As people age, their muscles often weaken, leading to increased risks in daily activities such as getting out of bed. Sarcopenia, or low muscle mass in older adults, is a significant health concern that increases the likelihood of hospitalization and susceptibility to falls and fractures.
Alessandra Sacco, PhD, dean of the Sanford Burnham Prebys Medical Discovery Institute Graduate School of Biomedical Sciences and professor in the Center for Cardiovascular and Muscular Diseases, stated: "The progressive loss of skeletal muscle mass and function are indicators of poor survival in patients." She added, "It is absolutely crucial that we are able to develop strategies to maintain muscle as we age."
On December 5, 2025, Sacco and her research team published findings in Communications Biology identifying a protein called tenascin-C (TnC) as important for maintaining functional muscle stem cells needed for muscle regeneration. The study showed that TnC levels decrease with age, which contributes to a decline in both muscle stem cells and the ability to repair muscle tissue.
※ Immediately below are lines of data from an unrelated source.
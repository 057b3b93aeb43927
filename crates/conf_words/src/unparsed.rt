// Why words ask for nothing that the program could do.
ghost use Rattle.std.specs.Prelude.{◌≡◌};

use std::alloc::AllocError;
use thiserror::Error;

/// Why there is no invocation.
#[derive(Debug, Drop, Error)]
pub enum Unparsed {
    /// Help or the version is asked for. This is the text for standard output, with a line feed at its end.
    #[error("{0}")]
    Shown(String),
    /// The words are wrong. These are the lines for standard error, each with a line feed; the words in them are shown
    /// [`escaped`](crate::escaped).
    #[error("{0}")]
    Wrong(String),
    /// Out of memory.
    #[error("OutOfMemory")]
    OutOfMemory,
}

impl From<AllocError> for Unparsed {
    ghost use Rattle.conf_words.specs.declared.unparsed.Unparsed.TheVariants.{OutOfMemory};

    ghost from_gives = { λ _ out. out ≡ OutOfMemory };

    fn from(_: AllocError) -> Self {
        Unparsed::OutOfMemory
    }
}
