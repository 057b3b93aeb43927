// Texts from outside, shown with their control characters escaped.
ghost use Rattle.std.specs.Prelude.{◌≡◌, ◌++◌, IfOk, OnOk, encode_utf8_all, string_bytes};
ghost use Rattle.std.specs.Str.{chars};
ghost use Rattle.conf_words.specs.Escapes.{escaped, escaped_char, is_hidden};

use std::alloc::{AllocError, Global};

/// A text for a line that a person reads: a name of a file, or a word that the program was given. The characters that
/// could change what a terminal shows are escaped, as `\u{1b}` and `\n`: C0, C1 and DEL, the separators of lines and
/// paragraphs, and what turns the direction of a text. So is `\`, as `\\`: no two texts are shown alike
/// ([`no_two_texts_are_shown_alike`](crate::no_two_texts_are_shown_alike)). It fails only if memory runs out.
pub fn escaped(alloc: Global, text: &str) -> Result<String, AllocError>
    ensures { IfOk result (λ shown.
        string_bytes shown ≡ encode_utf8_all (escaped (chars text.now))) }
{
    let mut shown = String::new(alloc);
    for c in text.chars() {
        push_escaped(&mut shown, c)?;
    }
    Ok(shown)
}

/// Appends a character, escaped if it is not shown as it is.
fn push_escaped(shown: &mut String, c: char) -> Result<(), AllocError>
    ensures { OnOk result (string_bytes shown.new
        ≡ string_bytes shown.old ++ encode_utf8_all (escaped_char c)) }
{
    if c != '\\' && !is_hidden(c) {
        return shown.push(c);
    }
    for part in c.escape_default() {
        shown.push(part)?;
    }
    Ok(())
}

/// Whether a character could change what a terminal shows of the others.
pub(crate) fn is_hidden(c: char) -> bool
    ensures { result ≡ is_hidden c }
{
    matches!(
        c,
        '\0'..='\x1f'
            | '\x7f'..='\u{9f}'
            | '\u{61c}'
            | '\u{200e}'..='\u{200f}'
            | '\u{2028}'..='\u{202e}'
            | '\u{2066}'..='\u{2069}'
    )
}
Previous research by the team indicated that pathways active during embryonic development are reused during tissue repair. Sacco explained: "TnC normally is not really expressed in healthy adult muscle, but it goes up rapidly after an injury to reactivate the programs needed for regeneration and repair." She continued: "We wanted to understand how TnC influenced stem cells that are primarily responsible for muscle regeneration, and how this relationship was affected by aging."
In experiments using mice lacking TnC, researchers observed fewer muscle stem cells compared to normal mice. Cecchini noted: "The stem cells also were less able to make new stem cells and maintain an adequate population, and this resulted in defects in their ability to repair injured muscle."
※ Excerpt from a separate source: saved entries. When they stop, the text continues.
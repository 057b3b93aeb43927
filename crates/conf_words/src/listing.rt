// What the program lists of a subcommand, and the same as clap takes it.
ghost use Rattle.std.specs.Prelude.{◌≡◌, map};
ghost use Rattle.command_line.specs.Rows.{row_of};
ghost use Rattle.conf_words.specs.Subcommands.{rows_of};

use crate::change_words::{BATCH, CHECKPOINT, COPY, DELETE, IMPORT, INIT, MOVE, RENAME, RUN, SET};
use crate::read_words::{BACKUP, DIFF, EXISTS, EXPORT, GET, KEYS, LOG, NAMES, SALVAGE, VERIFY};
use crate::subcommand::Subcommand;
use crate::text_words::{CHECK, FORMAT};
use clap::builder::ValueParser;
use clap::{Arg, ArgAction, Command};
use command_line::{Argument, Form, Relation};
use std::alloc::{AllocError, Global};

/// What the program lists of a subcommand.
#[derive(Clone, Copy)]
pub(crate) struct Listing {
    /// What the program's help says of it, in a line.
    pub(crate) about: &'static str,
    /// Its arguments, in the order of its help.
    pub(crate) arguments: &'static [Argument],
    /// What its help says behind its arguments.
    pub(crate) help: &'static str,
}

/// A subcommand as clap takes it. It fails only if memory runs out.
pub(crate) fn listed<'a>(alloc: Global, subcommand: Subcommand) -> Result<Command<'a>, AllocError> {
    let (name, listing): (&'a str, Listing) = (subcommand.name(), listing_of(subcommand));
    let mut command = Command::new(alloc, name)
        .about(listing.about)
        .after_help(listing.help);
    for argument in listing.arguments {
        command = command.arg(arg_of(alloc, argument, listing.arguments)?)?;
    }
    Ok(command)
}

/// The arguments of a subcommand.
pub(crate) fn arguments_of(subcommand: Subcommand) -> &'static [Argument]
    ensures { map row_of result.now ≡ rows_of subcommand }
{
    listing_of(subcommand).arguments
}

/// What the program lists of this subcommand.
fn listing_of(subcommand: Subcommand) -> Listing
    ensures { map row_of result.arguments.now ≡ rows_of subcommand }
{
    match subcommand {
        Subcommand::Init => INIT,
        Subcommand::Import => IMPORT,
        Subcommand::Set => SET,
        Subcommand::Delete => DELETE,
        Subcommand::Copy => COPY,
        Subcommand::Rename => RENAME,
        Subcommand::Move => MOVE,
        Subcommand::Batch => BATCH,
        Subcommand::Checkpoint => CHECKPOINT,
        Subcommand::Run => RUN,
        Subcommand::Export => EXPORT,
        Subcommand::Names => NAMES,
        Subcommand::Get => GET,
        Subcommand::Keys => KEYS,
        Subcommand::Exists => EXISTS,
        Subcommand::Log => LOG,
        Subcommand::Diff => DIFF,
        Subcommand::Verify => VERIFY,
        Subcommand::Salvage => SALVAGE,
        Subcommand::Backup => BACKUP,
        Subcommand::Format => FORMAT,
        Subcommand::Check => CHECK,
    }
}

/// An argument of these as clap takes it. It fails only if memory runs out.
fn arg_of<'a>(
    alloc: Global,
    argument: &Argument,
    arguments: &[Argument],
) -> Result<Arg<'a>, AllocError> {
    let arg = given_by(alloc, argument.name, argument.form).help(argument.help);
    match argument.relation {
        Relation::Free => Ok(arg),
        Relation::Needs(other) => {
            arg.requires_arg(other)?
                .conflicts_with_all(excluded_by(arguments, other))
        }
        Relation::Excludes(others) => arg.conflicts_with_all(others),
        Relation::Replaces(other) => arg.required_unless_present(other)?.conflicts_with(other),
    }
}

/// What the argument of this name excludes. One that needs it excludes the same: clap wouldn't want what is excluded.
fn excluded_by(arguments: &[Argument], name: &str) -> &'static [&'static str] {
    for argument in arguments {
        if let Relation::Excludes(others) = argument.relation {
            if argument.name == name {
                return others;
            }
        }
    }
    &[]
}

/// An argument of this name, which is given so.
fn given_by<'a>(alloc: Global, name: &'a str, form: Form) -> Arg<'a> {
    match form {
        Form::Required => Arg::new(alloc, name).required(true),
        Form::Optional => Arg::new(alloc, name),
        Form::OptionalText => Arg::new(alloc, name).allow_negative_numbers(true),
        Form::Several => Arg::new(alloc, name).num_args(1..),
        Form::Flag => flag(alloc, name),
        Form::ShortFlag(letter) => flag(alloc, name).short(letter),
        Form::Word(value) => with_value(alloc, name, value),
        Form::Words(value) => with_value(alloc, name, value).action(ArgAction::Append),
        Form::Text(value) => with_value(alloc, name, value).allow_negative_numbers(true),
        Form::Number(value, least) => with_number(alloc, name, value, least),
    }
}

/// An argument that is `--` and its name.
fn flag<'a>(alloc: Global, name: &'a str) -> Arg<'a> {
    Arg::new(alloc, name).long(name).action(ArgAction::SetTrue)
}

/// An argument that is `--`, its name and a value, which help calls so.
fn with_value<'a>(alloc: Global, name: &'a str, value: &'a str) -> Arg<'a> {
    Arg::new(alloc, name).long(name).value_name(value)
}

/// An argument that is `--`, its name and a number that is at least so big.
fn with_number<'a>(alloc: Global, name: &'a str, value: &'a str, least: u64) -> Arg<'a> {
    with_value(alloc, name, value).value_parser(ValueParser::Unsigned(least, u64::MAX))
}
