// What the program's words ask it to do.
use conf_about::About;

/// The word for standard input, where the name of a file or a YAML text is wanted.
pub const STANDARD_INPUT: &str = "-";

/// What a run of the program is asked to do. The words that it holds are as they were given: no folder, name or pointer
/// was looked at. An about says who makes a change, when and why; there is none if the words say nothing of it.
#[derive(Debug, Drop)]
pub enum Invocation<'w> {
    /// Makes the folder, if it is missing, and an empty store in it.
    Init {
        folder: &'w str,
    },
    /// Reads a YAML text, and puts its tree under a name.
    Import {
        import: Import<'w>,
        about: Option<About>,
        reporting: Reporting,
    },
    /// Sets a value at a place. The pointer of the place is empty only if the words say that the whole configuration is
    /// meant.
    Set {
        target: Target<'w>,
        put: Put<'w>,
        about: Option<About>,
        reporting: Reporting,
    },
    /// Changes what is at a place, and takes no value for it.
    Alter {
        target: Target<'w>,
        alteration: Alteration<'w>,
        about: Option<About>,
    },
    /// Reads a YAML text, a list of edits, and makes all of them or none.
    Batch {
        batch: Batch<'w>,
        about: Option<About>,
        reporting: Reporting,
    },
    /// Makes the store file as short as its state.
    Checkpoint {
        folder: &'w str,
    },
    /// Performs the commands on standard input.
    Run {
        folder: &'w str,
        grouping: Grouping,
    },
    /// Writes a configuration.
    Export {
        folder: &'w str,
        name: &'w str,
        form: TreeForm,
    },
    /// Writes each configuration into a file of its own in the folder `into`.
    ExportAll {
        folder: &'w str,
        into: &'w str,
        form: TreeForm,
    },
    /// Writes the names of the configurations, of the store as it was after command `at`, or as it is.
    Names {
        folder: &'w str,
        at: Option<u64>,
        form: NamesForm,
    },
    /// Writes the values at places of a configuration, one after the other, or the keys of one. There are several
    /// places only for texts as they are, each on a line, or for JSON texts.
    Get {
        folder: &'w str,
        places: Places<'w>,
        missing: MissingValue<'w>,
        form: ValueForm,
    },
    /// Tells by the status whether something is at a place. The pointer of the place is empty if the words leave it
    /// out: then the configuration is looked for.
    Exists {
        folder: &'w str,
        place: Place<'w>,
    },
    /// Writes commands that the store has accepted since its last checkpoint.
    Log {
        folder: &'w str,
        commands: Commands<'w>,
        form: LogForm<'w>,
    },
    /// Writes the edits that make the second of two states of the store of the first one, or only those of the
    /// configuration of this name.
    Diff {
        folder: &'w str,
        name: Option<&'w str>,
        span: Span,
    },
    /// Writes the edits that make the tree of the second file of that of the first one.
    DiffFiles {
        first: &'w str,
        second: &'w str,
    },
    /// Reads the whole store, and writes whether it can be opened. What an opening drops of it, or is refused for, is
    /// kept in the new file `keep_dropped`, if the words name one.
    Verify {
        folder: &'w str,
        keep_dropped: Option<&'w str>,
    },
    /// Makes a store in the folder `new` of what the damaged one in `folder` says before its first bad piece. The rest
    /// is kept in the new file `keep_dropped`, if the words name one.
    Salvage {
        folder: &'w str,
        new: &'w str,
        keep_dropped: Option<&'w str>,
    },
    /// Makes a store in the folder `new` with the same base and records as the one in `folder`.
    Backup {
        folder: &'w str,
        new: &'w str,
    },
    /// Writes the texts of the files in a style, or that of standard input if there are none.
    Format {
        formatting: Formatting,
        files: Vec<&'w str>,
        reporting: Reporting,
    },
    /// Writes where the texts of the files depart from a style, or that of standard input if there are none.
    Check {
        style: Style,
        files: Vec<&'w str>,
        reporting: Reporting,
    },
}

/// A place of the store in a folder that a word changes, and what has to hold for it to do so.
#[derive(Clone, Copy, Debug, PartialEq, Eq)]
pub struct Target<'w> {
    /// The folder of the store.
    pub folder: &'w str,
    /// The name of the configuration that is changed.
    pub name: &'w str,
    /// The JSON Pointer of the place in it; the empty one stands for the whole configuration.
    pub pointer: &'w str,
    /// What has to hold of the store, before its change.
    pub conditions: Conditions<'w>,
}

/// A value that a word sets at a place, and how.
#[derive(Clone, Copy, Debug, PartialEq, Eq)]
pub struct Put<'w> {
    /// The value.
    pub value: Value<'w>,
    /// How it is put at the place.
    pub placing: Placing,
}

/// How a word changes what is at a place, where it takes no value for it.
#[derive(Clone, Copy, Debug, PartialEq, Eq)]
pub enum Alteration<'w> {
    /// It is removed. The pointer of the place is empty if the words leave it out, or say that the whole configuration
    /// is meant: then the configuration is removed.
    Delete,
    /// A copy of the configuration under another name is put there, in place of one that is there. The pointer of the
    /// place is empty. Unless the words say otherwise, a condition wants none there.
    Copy {
        /// That other name.
        from: &'w str,
    },
    /// The configuration under another name gets the name of the place, in place of one that is there. The pointer of
    /// the place is empty.
    Rename {
        /// That other name.
        from: &'w str,
    },
    /// What is at another JSON Pointer of the configuration is moved there, in place of what is there. Neither pointer
    /// is empty.
    Move {
        /// That other pointer.
        from: &'w str,
    },
}

/// Which text is imported, and where.
#[derive(Clone, Copy, Debug, PartialEq, Eq)]
pub struct Import<'w> {
    /// The folder of the store.
    pub folder: &'w str,
    /// The name under which the tree of the text is put.
    pub name: &'w str,
    /// The file of the text; [`STANDARD_INPUT`] if the words leave it out.
    pub file: &'w str,
    /// What the text may be.
    pub root: Root,
    /// What is done where the folder has no store.
    pub missing: MissingStore,
    /// What has to hold of the store, before its change.
    pub conditions: Conditions<'w>,
}

/// Which edits are made as one command, and of which store.
#[derive(Clone, Copy, Debug, PartialEq, Eq)]
pub struct Batch<'w> {
    /// The folder of the store.
    pub folder: &'w str,
    /// The file of the text that lists the edits; [`STANDARD_INPUT`] if the words leave it out.
    pub file: &'w str,
    /// How many commands the store has to have accepted; any number if there is none.
    pub count: Option<u64>,
}

/// A place of a store that a word reads.
#[derive(Clone, Copy, Debug, PartialEq, Eq)]
pub struct Place<'w> {
    /// The name of the configuration.
    pub name: &'w str,
    /// The JSON Pointer of the place in it; the empty one stands for the whole configuration.
    pub pointer: &'w str,
    /// The store is read as it was after this command, or as it is if there is none.
    pub at: Option<u64>,
}

/// The places of one configuration that a word reads.
#[derive(Debug, Drop)]
pub struct Places<'w> {
    /// The name of the configuration.
    pub name: &'w str,
    /// The JSON Pointers of the places in it. There is at least one: the empty one if the words give none, which means
    /// the whole configuration.
    pub pointers: Vec<&'w str>,
    /// The store is read as it was after this command, or as it is if there is none.
    pub at: Option<u64>,
}

/// Which commands of a store a word reads.
#[derive(Clone, Copy, Debug, PartialEq, Eq)]
pub struct Commands<'w> {
    /// Only those that change the configuration of this name; all if there is none.
    pub name: Option<&'w str>,
    /// The number of the first command.
    pub from: u64,
    /// The number of the last command, if the words give one; else they end with the last of the store.
    pub at: Option<u64>,
}

/// The two states of a store that a word compares. Either may be the older one.
#[derive(Clone, Copy, Debug, PartialEq, Eq)]
pub struct Span {
    /// The first is that after the command of this number; if there is none, the oldest that the store file has.
    pub from: Option<u64>,
    /// The second is that after the command of this number; if there is none, that after the last.
    pub to: Option<u64>,
}

/// A value that the words give.
#[derive(Clone, Copy, Debug, PartialEq, Eq)]
pub enum Value<'w> {
    /// This text itself.
    Text(&'w str),
    /// What this YAML text gives, or the one on standard input for [`STANDARD_INPUT`].
    Yaml(&'w str),
    /// The bytes of this file as a text, or those of standard input for [`STANDARD_INPUT`].
    File(&'w str),
}

/// How `set` puts its value at its place.
#[derive(Clone, Copy, Debug, PartialEq, Eq)]
pub enum Placing {
    /// In place of what is there, or as a new member of what is there on the way.
    AtPlace,
    /// The same; the mappings that are missing on the way are made.
    WithParents,
    /// Before the element at an index of a list.
    BeforeElement,
}

/// What has to hold of a store, before its change, for a word to change it.
#[derive(Clone, Copy, Debug, PartialEq, Eq)]
pub struct Conditions<'w> {
    /// What has to be at the place that the word changes: at the pointer, or under the name that gets a configuration.
    pub place: Wanted<'w>,
    /// How many commands the store has to have accepted; any number if there is none.
    pub count: Option<u64>,
}

/// What has to be at a place.
#[derive(Clone, Copy, Debug, PartialEq, Eq)]
pub enum Wanted<'w> {
    /// Anything, or nothing.
    Anything,
    /// Nothing.
    Nothing,
    /// This text.
    Text(&'w str),
}

/// Which commands of a session share a sync.
#[derive(Clone, Copy, Debug, PartialEq, Eq)]
pub enum Grouping {
    /// None do: each has its own.
    Single,
    /// All that one read brings do. A checkpoint is made each time that the store file has grown by so many bytes, at
    /// least 1, or only where a command asks for it.
    Grouped { checkpoint_after: Option<u64> },
}

/// What `get` does where nothing is at the place.
#[derive(Clone, Copy, Debug, PartialEq, Eq)]
pub enum MissingValue<'w> {
    /// It is refused.
    Refused,
    /// This text is written, as if it were there.
    Default(&'w str),
}

/// How a value is written whole.
#[derive(Clone, Copy, Debug, PartialEq, Eq)]
pub enum TreeForm {
    /// In the one style.
    Styled,
    /// As a JSON text (RFC 8259) on one line.
    Json,
    /// In the one style, but a text that YAML's core schema (YAML 1.2.2, 10.3.2) takes for null, a truth value or a
    /// number stands plain.
    Plain,
}

/// What `get` and `keys` write of a value.
#[derive(Clone, Copy, Debug, PartialEq, Eq)]
pub enum ValueForm {
    /// All of it.
    Whole(TreeForm),
    /// A text as it is, and then its end. Any other value is refused.
    Raw(RawEnd),
    /// The keys of a mapping, or the indexes of a sequence. A text is refused.
    Keys,
}

/// How names are written.
#[derive(Clone, Copy, Debug, PartialEq, Eq)]
pub enum NamesForm {
    /// A line each.
    Lines,
    /// As a JSON array on one line.
    Json,
}

/// What follows a text that is written as it is.
#[derive(Clone, Copy, Debug, PartialEq, Eq)]
pub enum RawEnd {
    LineFeed,
    Nothing,
}

/// How `log` writes a command. A line has what the command's about says under the keys `shown`; they are `by`, `when`
/// and `why` if the words name none.
#[derive(Debug, Drop)]
pub enum LogForm<'w> {
    /// In a line.
    Lines {
        shown: Vec<&'w str>,
    },
    /// In a line, with the value of each import and each set as a JSON text (RFC 8259). What is at one of these JSON
    /// Pointers of a configuration, or below it, is hidden.
    Values {
        shown: Vec<&'w str>,
        hidden: Vec<&'w str>,
    },
    /// As a JSON object (RFC 8259) on a line, with its values and its whole about.
    Json,
    /// As its record stands in the store file.
    Records,
}

/// What `format` does with its files.
#[derive(Clone, Copy, Debug, PartialEq, Eq)]
pub enum Formatting {
    /// It writes the text of one to standard output. There is at most one.
    Write { style: Style },
    /// It replaces each that would change. There is at least one, and none is [`STANDARD_INPUT`].
    InPlace { comments: Comments },
    /// It names each that would change.
    Check { style: Style },
}

/// What a text is formatted to, and compared with.
#[derive(Clone, Copy, Debug, PartialEq, Eq)]
pub enum Style {
    /// Its tree in the one style, which has no comments.
    Bare,
    /// The same with the comments of the text.
    WithComments,
}

/// What an imported text may be.
#[derive(Clone, Copy, Debug, PartialEq, Eq)]
pub enum Root {
    /// A mapping or a list. One value alone is refused.
    Collection,
    /// Any value.
    Any,
}

/// What is done where the folder has no store.
#[derive(Clone, Copy, Debug, PartialEq, Eq)]
pub enum MissingStore {
    /// It stays so, and the word is refused.
    Refused,
    /// An empty store is made first.
    Made,
}

/// What is done with a file that has comments.
#[derive(Clone, Copy, Debug, PartialEq, Eq)]
pub enum Comments {
    /// The file is refused, and stays as it is.
    Refused,
    /// The file is replaced, and its comments are lost.
    Dropped,
    /// The file is replaced, and its comments are kept.
    Kept,
}

/// How much is said of a text that is refused.
#[derive(Clone, Copy, Debug, PartialEq, Eq)]
pub enum Reporting {
    /// One line: the place and the reason.
    Brief,
    /// That line, the line of the text with a mark under the place, and what to do.
    Explained,
}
Further investigation revealed that support cells known as fibroadipogenic progenitors secrete TnC. Sacco said: "We found that support cells called fibroadipogenic progenitors were secreting TnC, which made sense given the known role of these during muscle regeneration." The team also discovered that TnC interacts with muscle stem cells through a receptor called Annexin A2.
"Revealing these players is a bit like identifying musicians in an orchestra," Cecchini said. "Just as each instrument contributes to the overall composition, now we can learn more about how different signals from each cell type are coordinated to repair muscle."
The study found that aged mice had lower levels of TnC and reduced ability for their muscle stem cells to migrate toward injury sites. Treating aged mouse muscle stem cells with TnC improved this defect. Sacco summarized: "We've shown that mice lacking TnC exhibit a premature aging phenotype, and that restoring TnC may be a therapeutic strategy for age-related muscle loss."
However, delivering TnC therapeutically remains challenging due to its size; further research will focus on finding effective delivery methods. Sacco's team continues work on potential solutions.
"Our overall goal is to contribute to a greater quality of life as we age," Cecchini said.
Sacco concluded: "Advances in science, medicine and public health have considerably extended the average lifespan. Now we need to make the same improvements to the healthspan, beginning by addressing frailty, falls and fractures."